Data extracted from a collection
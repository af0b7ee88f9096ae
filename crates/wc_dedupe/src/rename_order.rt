//! The renames in the order of the keys of their new names, and the search for one.

ghost use Rattle.std.specs.Prelude.{◌≡◌, IfOk, length, map};
ghost use Rattle.wc_dedupe.specs.Private.NameKeys.{AreKeys, name_key};
ghost use Rattle.wc_dedupe.specs.Private.RenameOrder.{new_name, name_at, key_cmp, IsNameOrder, Finds};
ghost use Rattle.wc_dedupe.specs.Private.NamePositions.{named};

use crate::name_keys::name_key;
use crate::rename_list::RenameList;
use std::alloc::{AllocError, Global};
use std::cmp::Ordering;

/// The keys of the renames' new names, in ascending order; keys with one number are in the order of their modules and
/// names.
pub(crate) fn rename_order(
    alloc: Global,
    renames: &RenameList,
) -> Result<Vec<(u64, usize)>, AllocError>
    ensures { IfOk result (λ v. IsNameOrder renames.now v.items) }
{
    let mut order = new_keys(alloc, renames)?;
    order.sort_by(|one, other| keys_compared(renames, *one, *other))?;
    Ok(order)
}

/// The keys of the renames' new names: of each its number and the index of the rename.
fn new_keys(alloc: Global, renames: &RenameList) -> Result<Vec<(u64, usize)>, AllocError>
    ensures { IfOk result (λ v.
        AreKeys (map new_name renames.now) (length renames.now) v.items) }
{
    let mut keys = Vec::with_capacity(alloc, renames.len())?;
    for index in 0..renames.len() {
        let name = new_name(renames, index);
        let number = name_key(name.0, name.1);
        keys.push((number, index))?;
    }
    Ok(keys)
}

/// The index of the rename to this name in this module, if it exists. `order` has the keys in their order.
pub(crate) fn find(
    renames: &RenameList,
    order: &[(u64, usize)],
    module: &str,
    name: &str,
) -> Option<usize>
    requires { IsNameOrder renames.now order.now }
    ensures { Finds renames.now
        (record { module_name = «module».now; name = name.now }) result }
{
    let number = name_key(module, name);
    match order.binary_search_by(|key| compared(renames, *key, number, (module, name))) {
        Ok(position) => Some(order[position].1),
        Err(_) => None,
    }
}

/// How the new name with one key compares to the new name with another: by their numbers, and if these are equal, by
/// the names.
fn keys_compared(renames: &RenameList, one: (u64, usize), other: (u64, usize)) -> Ordering
    ensures { result ≡ key_cmp renames.now one other.0
        (name_at renames.now other.1) }
{
    match one.0.cmp(&other.0) {
        Ordering::Less => Ordering::Less,
        Ordering::Equal => new_name(renames, one.1).cmp(&new_name(renames, other.1)),
        Ordering::Greater => Ordering::Greater,
    }
}

/// How the new name that has a key compares to a name with its number: by the numbers, and by the names where these are
/// equal.
fn compared(renames: &RenameList, key: (u64, usize), number: u64, name: (&str, &str)) -> Ordering
    ensures { result ≡ key_cmp renames.now key number (named name.entry) }
{
    match key.0.cmp(&number) {
        Ordering::Less => Ordering::Less,
        Ordering::Equal => new_name(renames, key.1).cmp(&name),
        Ordering::Greater => Ordering::Greater,
    }
}

/// The module and the new name of the rename at `index`, empty texts past the last.
fn new_name(renames: &RenameList, index: usize) -> (&str, &str)
    ensures { named result ≡ name_at renames.now index }
{
    match renames.get(index) {
        Some(rename) => (rename.module, rename.name),
        None => ("", ""),
    }
}
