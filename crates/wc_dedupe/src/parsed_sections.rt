//! A module as its import sections, which are read, and all other sections, which are unchanged.

ghost use Rattle.std.specs.Prelude.{◌≡◌, ◌≢◌, ◌↔◌, ◌++◌, length, List, map, IfOk, IfErr, OnOk, IsOk, IsErrOf, All, Any};
ghost use Rattle.wc_read.specs.Imports.{import_values};
ghost use Rattle.wc_read.specs.Sections.{section_value, IsComponent};
ghost use Rattle.wc_dedupe.specs.Private.NamePositions.{names_of};
ghost use Rattle.wc_dedupe.specs.Renaming.{originals};
ghost use Rattle.wc_dedupe.specs.ParsedSections.{ParsedSectionValue, parsed_section_value, parsed_values, SpellsParsedSection, AreSpelled, SpellsParsedSections, imports_in, imports_of, renamed_section, renamed_sections, parsed_section_text, parsed_module_text, import_count, Fits, IsTooLarge};

use crate::rename_list::RenameList;
use crate::renaming::renamed_imports;
use std::alloc::{AllocError, Global};
use wc_read::codes::IMPORT_ID;
use wc_read::{Import, MODULE_HEADER, ReadFault, Section, frames, laws, read_imports};
use wc_write::{WriteFault, append_import_section, append_raw_section};

/// A section: an import section as its imports, any other one unchanged.
#[derive(Debug, Drop)]
pub enum ParsedSection<'a> {
    Imports(Vec<Import<'a>>),
    Other(Section<'a>),
}

/// Cuts a module into sections, and reads its import sections. The fault is `Component` exactly where the bytes begin
/// with a component's header.
pub fn parse_module(alloc: Global, bytes: &[u8]) -> Result<Vec<ParsedSection<'_>>, ReadFault>
    ensures found { IfOk result (λ v. SpellsParsedSections bytes.now (parsed_values v.items)) }
    ensures refused { IfErr result (λ f. f ≢ ReadFault.Memory
        → (v : List ParsedSectionValue) → ¬ (SpellsParsedSections bytes.now v)) }
    ensures component { IsErrOf result ReadFault.Component ↔ IsComponent bytes.now }
{
    laws::frames_unique();
    let frames = frames(alloc, bytes)?;
    let parts = parse_sections(alloc, &frames.sections)?;
    Ok(parts)
}

/// Reads the import sections among sections.
fn parse_sections<'a>(
    alloc: Global,
    sections: &[Section<'a>],
) -> Result<Vec<ParsedSection<'a>>, ReadFault>
    ensures found { IfOk result (λ v.
        AreSpelled (map section_value sections.now) (parsed_values v.items)) }
    ensures refused { IfErr result (λ f. f ≢ ReadFault.Memory
        → (v : List ParsedSectionValue) → ¬ (AreSpelled (map section_value sections.now) v)) }
    ensures no_component { IfErr result (λ f. f ≢ ReadFault.Component) }
{
    let mut parts = Vec::new(alloc);
    for section in sections {
        let part = parse_section(alloc, section)?;
        parts.push(part)?;
    }
    Ok(parts)
}

/// Reads a section, where it is an import section.
fn parse_section<'a>(alloc: Global, section: &Section<'a>) -> Result<ParsedSection<'a>, ReadFault>
    ensures found { IfOk result (λ p.
        SpellsParsedSection (section_value section.now) (parsed_section_value p)) }
    ensures refused { IfErr result (λ f. f ≢ ReadFault.Memory
        → (p : ParsedSectionValue) → ¬ (SpellsParsedSection (section_value section.now) p)) }
    ensures no_component { IfErr result (λ f. f ≢ ReadFault.Component) }
{
    if section.id != IMPORT_ID {
        return Ok(ParsedSection::Other(*section));
    }
    let imports = read_imports(alloc, section.content)?;
    Ok(ParsedSection::Imports(imports))
}

/// The modules and names of the imports of all import sections, in order.
pub fn import_names<'a>(
    alloc: Global,
    parts: &[ParsedSection<'a>],
) -> Result<Vec<(&'a str, &'a str)>, AllocError>
    ensures { IfOk result (λ v. names_of v.items
        ≡ originals (imports_of (parsed_values parts.now))) }
{
    let mut names = Vec::new(alloc);
    for part in parts {
        push_names(&mut names, imports_in(part))?;
    }
    Ok(names)
}

/// Appends the modules and names of imports.
fn push_names<'a>(
    names: &mut Vec<(&'a str, &'a str)>,
    imports: &[Import<'a>],
) -> Result<(), AllocError>
    ensures { OnOk result (names_of names.new.items
        ≡ names_of names.old.items ++ originals (import_values imports.now)) }
{
    for import in imports {
        names.push((import.module, import.name))?;
    }
    Ok(())
}

/// Writes the module of these parts. `indices` has for each import the index of its rename, or `None` where it
/// keeps its name. `size` bytes are reserved at first.
pub fn write_sections(
    alloc: Global,
    size: usize,
    parts: &[ParsedSection<'_>],
    indices: &[Option<usize>],
    renames: &RenameList,
) -> Result<Vec<u8>, WriteFault>
    requires { length indices.now ≡ length (imports_of (parsed_values parts.now)) }
    ensures written { IfOk result (λ v. v.items ≡ parsed_module_text
        (renamed_sections renames.now (parsed_values parts.now) indices.now)) }
    ensures fits { IsOk result → All Fits
        (renamed_sections renames.now (parsed_values parts.now) indices.now) }
    ensures too_large { IsErrOf result WriteFault.TooLarge → Any IsTooLarge
        (renamed_sections renames.now (parsed_values parts.now) indices.now) }
{
    let mut out = Vec::with_capacity(alloc, size)?;
    out.extend_from_slice(MODULE_HEADER)?;
    let mut left = indices;
    for part in parts {
        let (mine, others) = left.split_at(imports_in(part).len());
        append_section(alloc, &mut out, part, mine, renames)?;
        left = others;
    }
    Ok(out)
}

/// The imports of a part.
fn imports_in<'p, 'a>(part: &'p ParsedSection<'a>) -> &'p [Import<'a>]
    ensures { import_values result.now ≡ imports_in (parsed_section_value part.now) }
{
    match part {
        ParsedSection::Imports(imports) => imports,
        ParsedSection::Other(_) => &[],
    }
}

/// Appends a part. `indices` has for each of its imports the index of its rename, or `None` where it keeps its name.
fn append_section(
    alloc: Global,
    out: &mut Vec<u8>,
    part: &ParsedSection<'_>,
    indices: &[Option<usize>],
    renames: &RenameList,
) -> Result<(), WriteFault>
    requires { length indices.now ≡ import_count (parsed_section_value part.now) }
    ensures written { OnOk result (out.new.items ≡ out.old.items ++ parsed_section_text
        (renamed_section renames.now (parsed_section_value part.now) indices.now)) }
    ensures fits { IsOk result → Fits
        (renamed_section renames.now (parsed_section_value part.now) indices.now) }
    ensures too_large { IsErrOf result WriteFault.TooLarge → IsTooLarge
        (renamed_section renames.now (parsed_section_value part.now) indices.now) }
{
    match part {
        ParsedSection::Imports(imports) => {
            let renamed = renamed_imports(alloc, imports, indices, renames)?;
            append_import_section(out, &renamed)
        }
        ParsedSection::Other(section) => append_raw_section(out, section.id, section.content),
    }
}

**Exercise goal**
Find "requires" in the preceding records. Copy each line that holds it.

**Output for this exercise**
    requires { IsNameOrder renames.now order.now }
    requires { length indices.now ≡ length (imports_of (parsed_values parts.now)) }
    requires { length indices.now ≡ import_count (parsed_section_value part.now) }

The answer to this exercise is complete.